In this paper, we develop a new approach called Chelyshkov-tau method for solving Bagley-Torvik equation of the form

$A_2{u}^{″}\left(x\right)+A_1{u}^{\left(3/2\right)}\left(x\right)+A_{0}u\left(x\right)=f\left(x\right),x\in \left[0,1\right]$ (1)

subject to the boundary conditions

${\displaystyle \sum _{j=0}^1}{\alpha }_{ij}{u}^{\left(j\right)}\left(0\right)+{\beta }_{ij}{u}^{\left(j\right)}\left(1\right)={\gamma }_i,i=0,1$ (2)

where $A_2\ne 0$ represents mass of the thin rigid plate immersed in a Newtonian fluid, $A_1$ is constant depending on area of the thin rigid, viscosity and density of fluid and $A_0$ represents stiffness of the spring. $f\left(x\right)$ is a given function. $u\left(x\right)$ represents motion of the rigid plate. The questions of existence and uniqueness of the solution to this initial value problem have been discussed in [1] [2] , so there is no need to go into these matters here.

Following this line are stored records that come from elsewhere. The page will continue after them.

//! What a note makes of an operation.
ghost use Rattle.std.specs.Prelude.{◌≡◌, ℕ, Bool, List, ◌+◌, ◌-◌, ◌*◌, ◌&&◌, ◌<◌, ◌≤◌, ◌^◌, ◌↔◌, nat_lt, nat_le, if◌then◌else◌, [], ◌∷◌, Some, None, IsSome, IfSome, IsTrue};
ghost use Rattle.gup_base.specs.Parts.{Part, words_of, word_at};
ghost use Rattle.gup_script.specs.declared.op.Op.TheVariants.{Pin, Transfer};
ghost use Rattle.gup_plain.specs.declared.answer.Answer.TheVariants as answers;
ghost use Rattle.gup_plain.specs.declared.event.PlainEvent.TheVariants as events;
ghost use Rattle.gup_plain.specs.declared.event.PlainEvent.{PlainEvent as Plain};
ghost use Rattle.gup_plain.specs.declared.note.What.TheVariants.{Event, Done};
ghost use Rattle.gup_spec_journal.specs.Follows.{refuses};
ghost use Rattle.gup_check_course.specs.declared.course.Course.TheVariants.{Taking, Moved, Forking, Copying, Slow, Walking, Closing};
ghost use Rattle.gup_check_course.specs.declared.course.Step.TheVariants.{On, Ended};
ghost use Rattle.gup_check_course.specs.Arcs.{moved as moved_of, copied as copied_of, made as made_of, dropped as dropped_of, stopped as stopped_of, page_in, answer_in, taken, begins_fork, takes_down, takes_any, moves, forks_on, copies, tries, makes, drops, stops, walks, goes_from_mark, goes_slowly, refuses_later, refuses_at, ends_pin, ends_short, first_try};
ghost use Rattle.gup_check_course.specs.Same.{same_what};

use crate::course::{Course, Step};
use crate::said::{
    cause, is_answer, is_discard, is_drop, is_fork_begin, is_fork_end, is_fork_fail, is_fork_page,
    is_fork_word, is_made, is_moved, is_try, is_unmap, page,
};
use gup_base::{ActorNo, HandleNo, PageNo, Parts, ProcNo, Want};
use gup_plain::{Answer, Cause, What};
use gup_script::Op;

// The words of a page.
const WORDS: u16 = 512;

// The most words of a transfer.
const MOST_WORDS: u8 = 64;

// An operation that goes on so, if this is what came.
pub(crate) fn on(came: bool, course: Course) -> Option<Step>
    ensures { result ≡ if came then Some (On course) else None }
{
    if came { Some(Step::On(course)) } else { None }
}

// One that ends, if this is what came.
pub(crate) fn ended(came: bool) -> Option<Step>
    ensures { result ≡ if came then Some Ended else None }
{
    if came { Some(Step::Ended) } else { None }
}

// Takes a page down, or ends.
fn take_down(what: &What, came: bool, next: u64, end: u64) -> Option<Step>
    ensures { (event : ℕ → Plain) → came ≡ same_what what.now (Event (event (page_in what.now))) → result ≡ taken what.now (takes_down event next end what.now) }
{
    let page = page(what);
    if next <= page && page < end && came {
        return Some(Step::On(Course::Taking(page + 1)));
    }
    ended(is_answer(what, Answer::Plain))
}

// An unmap takes down a page of its n from this one on, if that is `next` or a later one, or it ends.
pub(crate) fn unmap_page(
    actor: ActorNo,
    proc: u8,
    page: PageNo,
    n: u16,
    next: u64,
    what: &What,
) -> Option<Step>
    ensures { result ≡ taken what.now (takes_down (events.Unmap actor proc) next (page + n) what.now) }
{
    let end = page.get() + u64::from(n);
    take_down(what, is_unmap(what, actor, proc), next, end)
}

// A discard does so with its pages.
pub(crate) fn discard_page(
    actor: ActorNo,
    proc: u8,
    page: PageNo,
    n: u16,
    next: u64,
    what: &What,
) -> Option<Step>
    ensures { result ≡ taken what.now (takes_down (events.Discard actor proc) next (page + n) what.now) }
{
    let end = page.get() + u64::from(n);
    take_down(what, is_discard(what, actor, proc), next, end)
}

// An exit takes down a page of its process, or ends.
pub(crate) fn take_any(actor: ActorNo, proc: u8, what: &What) -> Option<Step>
    ensures { (number : ℕ) → result ≡ taken what.now (takes_any (record { actor = actor; proc = proc; number = number }) what.now) }
{
    if is_unmap(what, actor, proc) {
        return Some(Step::On(Course::Taking(0)));
    }
    ended(is_answer(what, Answer::Plain))
}

// Which word of the pin the k-th word is, if there are so many.
fn word(parts: &Parts, k: u8) -> Option<u64>
    ensures some { IsSome result ↔ (k < words_of parts.now) }
    ensures value { IfSome result (λ index. index ≡ word_at parts.now k) }
{
    let mut left = u64::from(k);
    for part in parts.as_slice() {
        let words = u64::from(part.1);
        if left < words {
            return Some(u64::from(part.0) + left);
        }
        left -= words;
    }
    None
}

// Moves the k-th word of a transfer.
pub(crate) fn move_word(
    actor: ActorNo,
    handle: HandleNo,
    outward: bool,
    slot: u32,
    parts: &Parts,
    k: u8,
    what: &What,
) -> Option<Step>
    ensures { (proc number : ℕ) → result ≡ taken what.now (moves (record { actor = actor; proc = proc; number = number }) handle outward slot parts.now k what.now) }
{
    if k >= MOST_WORDS {
        return None;
    }
    let index = word(parts, k)?;
    let came = is_moved(
        what,
        actor,
        handle,
        outward,
        index,
        u64::from(slot) + u64::from(k),
    );
    on(came, moved(parts, k + 1))
}

// A transfer that has moved so many words.
fn moved(parts: &Parts, k: u8) -> Course
    requires { k ≤ words_of parts.now }
    ensures { result ≡ moved_of k (words_of parts.now) }
{
    if word(parts, k).is_none() {
        Course::Closing(Answer::Words)
    } else {
        Course::Moved(k)
    }
}

// A fork shares a page or begins to copy it, or it ends.
pub(crate) fn fork_on(proc: u8, child: ProcNo, from: u64, what: &What) -> Option<Step>
    ensures { (actor number : ℕ) → result ≡ taken what.now (forks_on (record { actor = actor; proc = proc; number = number }) child from what.now) }
{
    let page = page(what);
    if from <= page && is_fork_page(what, proc, child) {
        return Some(Step::On(Course::Forking(page + 1)));
    }
    if from <= page && is_fork_word(what, proc, child, page, 0) {
        return Some(Step::On(Course::Copying { page, word: 1 }));
    }
    if is_fork_end(what, proc, child) {
        return Some(Step::On(Course::Closing(Answer::Plain)));
    }
    on(is_fork_fail(what, child), Course::Closing(Answer::NoFrame))
}

// A fork copies a word of a page.
pub(crate) fn copy_word(proc: u8, child: ProcNo, page: u64, word: u16, what: &What) -> Option<Step>
    ensures { (actor number : ℕ) → result ≡ taken what.now (copies (record { actor = actor; proc = proc; number = number }) child page word) }
{
    if word < WORDS && is_fork_word(what, proc, child, page, word) {
        return Some(Step::On(copied(page, word + 1)));
    }
    None
}

// A fork that has copied so many words of a page.
fn copied(page: u64, word: u16) -> Course
    requires { page < 2 ^ 35 }
    ensures { result ≡ copied_of page word }
{
    if word == WORDS {
        Course::Forking(page + 1)
    } else {
        Course::Copying { page, word }
    }
}

// Whether a pin that has taken k of its n pages tries the next one.
fn tries_next(
    actor: ActorNo,
    proc: u8,
    page: PageNo,
    n: u8,
    write: bool,
    k: u8,
    what: &What,
) -> bool
    ensures came { result ≡ (nat_lt k n && same_what what.now (Event (events.PinTry actor proc (page + k) write))) }
    ensures below { IsTrue result → k < n }
{
    k < n && is_try(what, actor, proc, page.get() + u64::from(k), write)
}

// A pin of n pages that has made its handle of k.
fn made(k: u8, n: u8) -> Course
    ensures { result ≡ made_of k n }
{
    if k == n {
        Course::Closing(Answer::Pinned(n))
    } else {
        Course::Short(k)
    }
}

// Whether a pin that has dropped j of its k pages drops the next one.
fn drops_next(actor: ActorNo, page: PageNo, j: u8, k: u8, what: &What) -> bool
    ensures came { result ≡ (nat_lt j k && same_what what.now (Event (events.PinDrop actor (page + j)))) }
    ensures below { IsTrue result → j < k }
{
    j < k && is_drop(what, actor, page.get() + u64::from(j))
}

// A pin that has dropped j of its k pages.
fn dropped(j: u8, k: u8) -> Course
    ensures { result ≡ dropped_of j k }
{
    if j == k {
        Course::Slow(0)
    } else {
        Course::Dropping {
            dropped: j,
            pages: k,
        }
    }
}

// A walk that has stopped at a mark, with k pages before that.
fn stopped(k: u8) -> Course
    ensures { result ≡ stopped_of k }
{
    if k == 0 {
        Course::Slow(0)
    } else {
        Course::Stopped(k)
    }
}

// A pin walks on, or makes its handle, or stops at a mark, or drops all.
pub(crate) fn walk(
    actor: ActorNo,
    proc: u8,
    handle: HandleNo,
    page: PageNo,
    n: u8,
    want: Want,
    k: u8,
    what: &What,
) -> Option<Step>
    ensures { (number : ℕ) → result ≡ taken what.now (walks (record { actor = actor; proc = proc; number = number }) handle page n want k) }
{
    if tries_next(actor, proc, page, n, want.write, k, what) {
        return Some(Step::On(Course::Walking(k + 1)));
    }
    if k > 0 && is_made(what, actor, handle) {
        return Some(Step::On(made(k, n)));
    }
    if k > 0 && is_drop(what, actor, page.get() + u64::from(k - 1)) {
        return Some(Step::On(stopped(k - 1)));
    }
    on(drops_next(actor, page, 0, k, what), dropped(1, k))
}

// A pin that has stopped at a mark goes on slowly, or makes its handle, or drops all.
pub(crate) fn go_from_mark(
    actor: ActorNo,
    proc: u8,
    handle: HandleNo,
    page: PageNo,
    n: u8,
    want: Want,
    k: u8,
    what: &What,
) -> Option<Step>
    ensures { (number : ℕ) → result ≡ taken what.now (goes_from_mark (record { actor = actor; proc = proc; number = number }) handle page n want k) }
{
    if tries_next(actor, proc, page, n, want.write, k, what) {
        return Some(Step::On(Course::Slow(k + 1)));
    }
    if k > 0 && is_made(what, actor, handle) {
        return Some(Step::On(made(k, n)));
    }
    on(drops_next(actor, page, 0, k, what), dropped(1, k))
}

// A pin drops a page.
pub(crate) fn drop_page(actor: ActorNo, page: PageNo, j: u8, k: u8, what: &What) -> Option<Step>
    ensures { (proc number : ℕ) → result ≡ taken what.now (drops (record { actor = actor; proc = proc; number = number }) page j k ∷ []) }
{
    if drops_next(actor, page, j, k, what) {
        return Some(Step::On(dropped(j + 1, k)));
    }
    None
}

// Whether the operation may be refused so.
fn may_refuse(op: &Op, answer: Answer) -> bool
    ensures { result ≡ refuses op.now answer }
{
    match op {
        Op::Load { .. } => matches!(answer, Answer::Missing | Answer::NoFrame | Answer::Unborn),
        Op::Store { .. } => matches!(
            answer,
            Answer::Missing | Answer::Forbidden | Answer::NoFrame | Answer::Unborn
        ),
        Op::Map { .. } => matches!(answer, Answer::Overlap | Answer::Full | Answer::Unborn),
        Op::Protect { .. } => matches!(answer, Answer::Missing | Answer::Unborn),
        Op::Pin { want, .. } => may_refuse_pin(*want, answer),
        Op::Unpin { .. } => matches!(answer, Answer::NotHeld | Answer::Unborn),
        Op::Give { .. } => matches!(answer, Answer::NotHeld | Answer::Unborn),
        Op::Get { .. } => matches!(answer, Answer::Missing | Answer::NoFrame | Answer::Unborn),
        Op::Put { .. } => matches!(answer, Answer::NotHeld | Answer::Unborn),
        Op::Transfer { outward, .. } => may_refuse_words(*outward, answer),
        Op::Mirror { .. } => matches!(answer, Answer::Missing | Answer::NoFrame | Answer::Unborn),
        Op::Look { .. } => matches!(answer, Answer::Stale),
        Op::Move { .. } => matches!(
            answer,
            Answer::Missing | Answer::Untouched | Answer::Busy(_) | Answer::NoFrame | Answer::Unborn
        ),
        Op::Fork { .. } => false,
        Op::Unmap { .. } | Op::Discard { .. } | Op::Take { .. } | Op::Exit => matches!(
            answer,
            Answer::Unborn
        ),
    }
}

fn may_refuse_pin(want: Want, answer: Answer) -> bool
    ensures { (handle page n : ℕ) (fast : Bool) → result ≡ refuses (Pin handle page n want fast) answer }
{
    match answer {
        Answer::Missing | Answer::Forbidden | Answer::NoFrame | Answer::Unborn => true,
        Answer::Unmovable(_) => want.long,
        _ => false,
    }
}

fn may_refuse_words(outward: bool, answer: Answer) -> bool
    ensures { (handle slot : ℕ) (parts : List Part) → result ≡ refuses (Transfer handle outward slot parts) answer }
{
    match answer {
        Answer::NotHeld | Answer::Range => true,
        Answer::Forbidden => !outward,
        _ => false,
    }
}

// Whether it is refused so, before anything was said of it.
#[tactic(auto, using(crate::proofs::SameLemmas::answer_self, crate::proofs::SameLemmas::and_false))]
pub(crate) fn is_refused(op: &Op, what: &What) -> bool
    ensures { result ≡ (refuses op.now (answer_in what.now) && same_what what.now (Done (answer_in what.now))) }
{
    match what {
        What::Done(answer) => may_refuse(op, *answer),
        _ => false,
    }
}

// Whether it is refused so later: not by a birth that fails.
fn is_refused_later(op: &Op, what: &What) -> bool
    ensures { result ≡ (refuses_later op.now (answer_in what.now) && same_what what.now (Done (answer_in what.now))) }
{
    !is_answer(what, Answer::Unborn) && is_refused(op, what)
}

// A pin tries a page slowly, or makes its handle; at its first page it may be refused.
pub(crate) fn go_slowly(
    actor: ActorNo,
    proc: u8,
    op: &Op,
    handle: HandleNo,
    page: PageNo,
    n: u8,
    want: Want,
    k: u8,
    what: &What,
) -> Option<Step>
    ensures { (number : ℕ) → result ≡ taken what.now (goes_slowly (record { actor = actor; proc = proc; number = number }) op.now handle page n want k what.now) }
{
    if tries_next(actor, proc, page, n, want.write, k, what) {
        return Some(Step::On(Course::Slow(k + 1)));
    }
    if k > 0 {
        return on(is_made(what, actor, handle), made(k, n));
    }
    ended(is_refused_later(op, what))
}

// Whether this may refuse a page behind those that a pin has taken.
fn may_end_pin(want: Want, cause: Cause) -> bool
    ensures { result ≡ ends_pin want cause }
{
    match cause {
        Cause::Missing | Cause::Forbidden | Cause::NoFrame => true,
        Cause::Unmovable(_) => want.long,
    }
}

// A short pin answers.
pub(crate) fn end_short(n: u8, want: Want, k: u8, what: &What) -> Option<Step>
    ensures { result ≡ taken what.now (ends_short n want k what.now) }
{
    let cause = cause(what);
    let short = Answer::Short {
        got: k,
        wanted: n,
        cause,
    };
    ended(may_end_pin(want, cause) && is_answer(what, short))
}

// A pin tries its first page.
pub(crate) fn begin_pin(
    actor: ActorNo,
    proc: u8,
    page: PageNo,
    n: u8,
    want: Want,
    fast: bool,
    what: &What,
) -> Option<Step>
    ensures { (number : ℕ) → result ≡ taken what.now (tries (record { actor = actor; proc = proc; number = number }) page n want 0 (first_try fast) ∷ []) }
{
    let first = if fast {
        Course::Walking(1)
    } else {
        Course::Slow(1)
    };
    on(tries_next(actor, proc, page, n, want.write, 0, what), first)
}

// A fork begins, or its process was never born.
pub(crate) fn begin_fork(proc: u8, child: ProcNo, what: &What) -> Option<Step>
    ensures { (actor number : ℕ) → result ≡ taken what.now (begins_fork (record { actor = actor; proc = proc; number = number }) child) }
{
    if is_fork_begin(what, proc, child) {
        return Some(Step::On(Course::Forking(0)));
    }
    on(is_fork_fail(what, child), Course::Closing(Answer::Unborn))
}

Several numerical and analytical methods of Equation (1) were considered by many authors, such as finite difference method [3] , collocation method based on Müntz polynomials [4] , Tau approximate [5] , Adomian decomposition method [6] [7] , variational iteration method [8] , the generalized block pulse operational matrix [9] , homotopy perturbation method [10] [11] , generalized differential transform method [12] , Legendre-collocation method [13] , Laplace transforms [14] , Fourier transforms [15] , eigenvector expansion [16] , fractional differential transform method [17] [18] , the fractional iteration method [19] , power series method [20] , Bessel collocation method [21] , wavelet [22] and the Haar wavelet method [23] .

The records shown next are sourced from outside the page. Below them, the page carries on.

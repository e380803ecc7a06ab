//! Which events and answers of an operation may come next: how far it has come is a small state.
#![tactic(auto)]

ghost use Rattle.std.specs.Prelude.{ℕ, List, IsSome, ◌↔◌};
ghost use Rattle.gup_script.specs.Script.{ScriptValue};
ghost use Rattle.gup_script.specs.Valid.{IsScript};
ghost use Rattle.gup_spec_accepted.specs.Said.{Said, BeginsOperations};
ghost use Rattle.gup_check_course.specs.Standing.{standing_after};

mod course;
mod follow;
mod said;
mod steps;

pub use course::{Course, Step};
pub use follow::next;

/// What an actor has said is the beginning of what notes of its operations say exactly where its standing says so.
pub fn courses_are_beginnings()
    ensures { (script : ScriptValue) (a : ℕ) (said : List Said) → IsScript script → IsSome (standing_after script a said) ↔ BeginsOperations script a said }
{}
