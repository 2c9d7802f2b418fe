// "A line reader made over the message hands out one line after another." The reader over a text of any length, at any place.
ghost use Rattle.std.specs.Prelude.{◌≡◌, ◌≤◌, length};
ghost use Rattle.lines.specs.Answers.{LineAt, over};

use crate::line::next_line;

// A reader over a text.
#[derive(Clone, Copy)]
pub struct Reader<'a> {
    // The text.
    pub text: &'a [u8],
    // The place from which the next line is handed out.
    pub at: usize,
}

// The reader made over a text, at a place.
pub fn reader_over<'a>(text: &'a [u8], at: usize) -> Reader<'a>
    ensures { result ≡ over text.entry at }
{
    Reader { text, at }
}

// Where the line that a reader hands out ends; none where there is none.
pub fn take_line<'a>(r: Reader<'a>) -> Option<usize>
    requires { r.at ≤ length r.text.now }
    ensures { LineAt r.entry.text.now r.entry.at result }
{
    next_line(r.text, r.at)
}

Orthogonal polynomials play an important role in mathematics as well as in applications in mathematical physics, engineering and computer science. Chelyshkov polynomials are the most recent set of orthogonal polynomials. Chelyshkov polynomials have become increasingly important in numerical analysis. The efficiency of the method has been officially established by many researchers [24] [25] . With these backgrounds, we extend Chelyshkov-tau method for solving Bagley-Torvik equation of Equation (1).

The efficiency and accuracy of the numerical scheme is assessed on specific test problems. The numerical outcomes indicate that the method yields highly accurate results. The numerical solutions are compared with analytical and other existing numerical solutions in the literature.

The paper is organized as follows. Section 2 preliminarily provides some definitions which are crucial to the following discussion. In Section 3 we apply Chelyshkov-tau method for solving the model equation. In Section 4, we present numerical examples to exhibit the accuracy and the efficiency of the present method. where the numerical results presented in this paper are computed by Matlab programming. The conclusion is presented in the final section.

2. Preliminaries

2.1. Basic Definitions of Fractional

In this section, we introduce the basic necessary definitions and primary facts of the fractional calculus theory which will be more used in this work [26] [27] .

Definition 1. The Riemann-Liouville fractional integral operator $J^{\alpha }$ of order $\alpha$ on a usual Lebesgue space $L_1\left[a\mathrm{,}b\right]$ is given by

$J^{\alpha }\psi \left(t\right)=\frac{1}{\Gamma \left(\alpha \right)}{\displaystyle {\int }_0^t}{\left(t-s\right)}^{\alpha -1}\psi \left(s\right)\text{d}s$

Some characteristics of this operator are:

$\begin{array}{l}{J}^0\psi \left(t\right)=\psi \left(t\right),J^{\alpha }{J}^{\beta }\psi \left(t\right)=J^{\alpha +\beta }\psi \left(t\right),J^{\alpha }{J}^{\beta }\psi \left(t\right)=J^{\beta }{J}^{\alpha }\psi \left(t\right),\left(\alpha ,\beta \ge 0\right)\\ J^{\alpha }{\left(t-s\right)}^{\mu }=\frac{\Gamma \left(\mu +1\right)}{\Gamma \left(\alpha +\mu +1\right)}{\left(t-s\right)}^{\alpha +\mu },\left(\mu >-1\right)\end{array}$

The Riemann-Liouville fractional derivative operator $D^{\alpha }$ is given by

$D^{\alpha }\psi \left(t\right)={\left(\frac{\text{d}}{\text{d}t}\right)}^m(J^{m-\alpha }\psi (t))$

where m is an integer, provided that $m-1<\alpha \le m$ .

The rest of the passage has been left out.